Save interferometer strain data to a file. This method relies on the gwpy TimeSeries.write method. Typically used when simulating a signal for a whole network of interferometers.

Parameters:
  • save_dir (str, optional) – The path of the output folder. Defaults to the local folder.

  • file_format (str, optional) – The format of the output file. Defaults to hdf5 file. Acceptable formats are standard gwpy TimeSeries.write formats.

See also

gwpy.timeseries.TimeSeriesDict

More information here.

Notes

This will save a single frame file with a set of interferometer data; each strain channel is labelled by its interferometer.

set_duration(duration)[source]

Sets the duration for the Network and Interferometers.

Parameters:

duration (float, optional) – The duration to set for the Network and interferometers.

Notes

The cross-checks that durations match in all the interferometers are done by each baseline.

set_frequency_mask(notch_list_path='', flow=20, fhigh=1726)[source]

Set frequency mask to frequencies attribute.

Parameters:
  • notch_list_path (str) – Path to notch list to apply to frequency array.

  • flow (float, optional) – Lowest frequency to consider. Defaults to 20 Hz.

  • fhigh (float, optional) – Highest frequency to consider. Defaults to 1726 Hz.

See also

pygwb.notch.StochNotchList

Used to read in the frequency notches.

set_interferometer_data_from_simulator(N_segments, GWB_intensity=None, CBC_dict=None, sampling_frequency=None, start_time=None, inject_into_data_flag=False)[source]

Fill interferometers with data from simulation. Data can already be present in the intereferometers of the network, in which case the simulated data will be injected on top of the data already present.

Parameters:
  • N_segments (int) – Number of segments to simulate.

  • GWB_intensity (gwpy.frequencyseries.FrequencySeries, optional) – A gwpy.frequencyseries.FrequencySeries containing the desired strain power spectrum. Defaults to None, in which case CBC_dict should be passed.

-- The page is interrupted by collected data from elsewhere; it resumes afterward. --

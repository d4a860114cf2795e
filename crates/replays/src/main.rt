// Prints the report of each schedule that the arguments name, one after the other.
#![tactic(auto)]

use schedule::report_of;
use std::rt::{Env, Files};
use std::{env, fs};

fn run(rt: &(impl Env + Files + Print + AllocGlobal)) -> anyhow::Result<()> {
    // the first argument is the program's own name
    for name in env::args(rt)?.skip(1) {
        let text = fs::read(rt, name)?;
        rt.write_all(report_of(rt.alloc(), &text)?.as_bytes())?;
    }
    Ok(())
}

fn main(rt: HostRuntime) -> anyhow::Result<()> {
    run(&rt)
}
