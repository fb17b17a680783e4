// Key attributes packed end to end, as the writer of a bundle takes them (document 02, request 9): the writer's tests of them.
ghost use Rattle.std.specs.Prelude.{◌≡◌, length};
ghost use Rattle.refusal.specs.Answers.{answer_of, answer_to};
ghost use Rattle.bundle_rules.specs.Bundle.{packed, packed_check};

use bundle_contents::{Bodies, id_repeats};
use refusal::{Refusal, in_range, unless};

// How many attributes are packed in `bytes`, by the writer's tests but that of the room: body by body, then their count and their Key IDs. The bodies are tested
// and counted in one walk.
pub(crate) fn check_packed(bytes: &[u8]) -> Result<usize, Refusal>
    ensures { answer_of result ≡ answer_to (packed_check bytes.now) (length (packed bytes.now)) }
{
    let (bodies, n) = Bodies::check_and_count(bytes)?;
    unless(in_range(1, 64, n), Refusal::BundleCount)?;
    unless(!id_repeats(bodies), Refusal::RepeatedKeyId)?;
    Ok(n)
}
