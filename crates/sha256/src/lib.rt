// SHA-256 (FIPS 180-4): the instance of the hash of the crate `secure_hash` with SHA-256's first hash value, compression and digest.
#![tactic(auto)]

ghost use Rattle.std.specs.Prelude.{◌≡◌, ◌/◌, ◌++◌, length};
ghost use Rattle.slices.specs.Parts.{joined};
ghost use Rattle.fips180.specs.Sha256 as Fips180;
ghost use Rattle.fips180.specs.Stream.{started_after};
ghost use Rattle.fips180.proofs.Digests.{sha256_fits};
ghost use Rattle.std.proofs.Common.{rules};
ghost use Rattle.secure_hash.specs.Stream.{progress};
ghost use Rattle.sha256.specs.Stream.{started};

use secure_hash::Hash;

// The first hash value (5.3.3).
pub const H0: [u32; 8] = [
    0x6a09e667, 0xbb67ae85, 0x3c6ef372, 0xa54ff53a, 0x510e527f, 0x9b05688c, 0x1f83d9ab, 0x5be0cd19,
];

// SHA-256, as a type that names the hash.
#[derive(Clone, Copy)]
pub struct Sha256;

// A hash in progress.
pub type Progress = secure_hash::Progress<Sha256, 8, 32>;

impl Hash<8, 32> for Sha256 {
    ghost first = { Fips180.H0 };

    ghost compress = { Fips180.compress };

    ghost written = { Fips180.digest };

    fn first_value() -> [u32; 8]
        ensures { result ≡ Fips180.H0 }
    {
        H0
    }

    fn compress_blocks(value: &mut [u32; 8], message: &[u8])
        ensures { value.new ≡ Fips180.blocks (length message.now / 64) value.old message.now }
    {
        sha256_block::compress_blocks(value, message);
    }

    fn to_digest(value: [u32; 8]) -> [u8; 32]
        ensures { result ≡ Fips180.digest value }
    {
        secure_hash::to_bytes(value)
    }

    ghost digest_fits = { sha256_fits };

    ghost sizes_fit = { Prim.search rules };
}

impl Sha256 {
    pub const BLOCK: usize = secure_hash::BLOCK;

    pub const DIGEST: usize = 32;

    // The hash of nothing yet.
    pub fn new() -> Progress
        ensures { progress result ≡ started }
    {
        Progress::new()
    }

    // The hash after one block, of which only the hash value is given: HMAC keeps that of a key and starts each message with it.
    pub fn after(value: [u32; 8]) -> Progress
        ensures { progress result ≡ started_after value }
    {
        Progress::after(value)
    }
}

// The hash value after one block.
pub fn of_block(block: [u8; Sha256::BLOCK]) -> [u32; 8]
    ensures { result ≡ Fips180.compress Fips180.H0 block }
{
    secure_hash::of_block::<Sha256, 8, 32>(block)
}

// The hash of a text that is lent in parts.
pub fn digest_of_parts(parts: &[&[u8]]) -> [u8; Sha256::DIGEST]
    ensures { result ≡ Fips180.sha256 (joined parts.now) }
{
    secure_hash::digest_of_parts::<Sha256, 8, 32>(parts)
}

// The hash of two parts, one after the other.
pub fn digest_of_two(first: &[u8], second: &[u8]) -> [u8; Sha256::DIGEST]
    ensures { result ≡ Fips180.sha256 (first.now ++ second.now) }
{
    digest_of_parts(&[first, second])
}

// The hash of a message.
pub fn digest(message: &[u8]) -> [u8; Sha256::DIGEST]
    ensures { result ≡ Fips180.sha256 message.now }
{
    secure_hash::digest::<Sha256, 8, 32>(message)
}
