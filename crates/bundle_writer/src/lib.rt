// A bundle (document 02, request 9) written: the file of attributes that are packed end to end.
#![tactic(auto)]

ghost use Rattle.std.specs.Prelude.{◌≡◌, ◌++◌, ◌+◌, ◌≤◌, length, take, drop};
ghost use Rattle.refusal.specs.Answers.{answer_of};
ghost use Rattle.bundle_rules.specs.Bundle.{contents_end, line_of, lines_of, packed, write_answer, write_buffer};

mod packing; // the tests of attributes packed end to end

use crate::packing::check_packed;
use bundle_contents::{Bodies, Body, lines_length};
use refusal::{Refusal, check_room};
use slices::{be16, copy_at};

// Writes the line of a body to out, from index `at` on: its Key ID, its offset and its length.
fn put_line(body: Body, offset: usize, at: usize, out: &mut [u8])
    requires { at + 20 ≤ length out.old }
    ensures { out.new ≡ take at out.old ++ (line_of offset body.entry.bytes.now ++ drop (at + 20) out.old) }
{
    copy_at(body.id(), at, out);
    copy_at(&be16(offset), at + 16, out);
    copy_at(&be16(body.bytes.len()), at + 18, out);
}

// Writes the lines of bodies to out, from index 2 on. The bodies will begin at `contents`.
fn put_lines(bodies: Bodies, contents: usize, out: &mut [u8])
    requires contents_value { contents ≡ contents_end (length (packed bodies.bytes.now)) }
    requires in_bounds { contents + length bodies.bytes.now ≤ length out.old }
    ensures { out.new ≡ take 2 out.old ++ (lines_of contents (packed bodies.entry.bytes.now) ++ drop contents out.old) }
{
    let mut offset = contents;
    let mut at = 2;
    for body in bodies {
        put_line(body, offset, at, out);
        offset += body.bytes.len();
        at += 20;
    }
}

// Writes the bundle of attributes that are packed end to end, and answers its length.
pub fn write(attributes: &[u8], out: &mut [u8]) -> Result<usize, Refusal>
    ensures answer { answer_of result ≡ write_answer attributes.now (length out.old) }
    ensures buffer { out.new ≡ write_buffer attributes.now out.old }
{
    let n = check_packed(attributes)?;
    let contents = 2 + lines_length(n);
    let size = contents + attributes.len();
    check_room(size, out.len())?;
    copy_at(&be16(n), 0, out);
    put_lines(Bodies { bytes: attributes }, contents, out);
    copy_at(attributes, contents, out);
    Ok(size)
}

  • CBC_dict (dict, optional) – Dictionary containing the parameters of CBC injections. Default to None, in which case GWB_intensity should be passed.

  • sampling_frequency (float, optional) – Sampling frequency at which the data needs to be simulated. If not specified (None), will check for interferometer’s sampling frequency.

  • start_time (float, optional) – Start time of the simulated data. If not passed (None), will check for interferometer’s timeseries start time. If not specified either, start time will default to 0.

  • inject_into_data_flag (bool, optional) – Flag that specifies whether or not the simulated data needs to be injected into data, i.e. if there is already data present in the interferometers of the network. If so, only data will be simulated and no extra noise will be added on top of the simulated data. Defaults to False.

See also

pygwb.simulator.Simulator

Used to simulate data.

set_point_estimate_sigma(notch_list_path='', flow=20, fhigh=1726)[source]

Set point estimate sigma based the combined spectra from each Baseline. This is the estimate of omega_gw in each frequency bin.

Parameters:
  • notch_list_path (str, optional) – Path to the notch list to use in the spectrum; if the notch_list isn’t set in the baseline, user can pass it directly here. If it is not set and if none is passed no notches will be applied.

  • flow (float, optional) – Low frequency. Default is 20 Hz.

  • fhigh (float, optional) – High frequency. Default is 1726 Hz.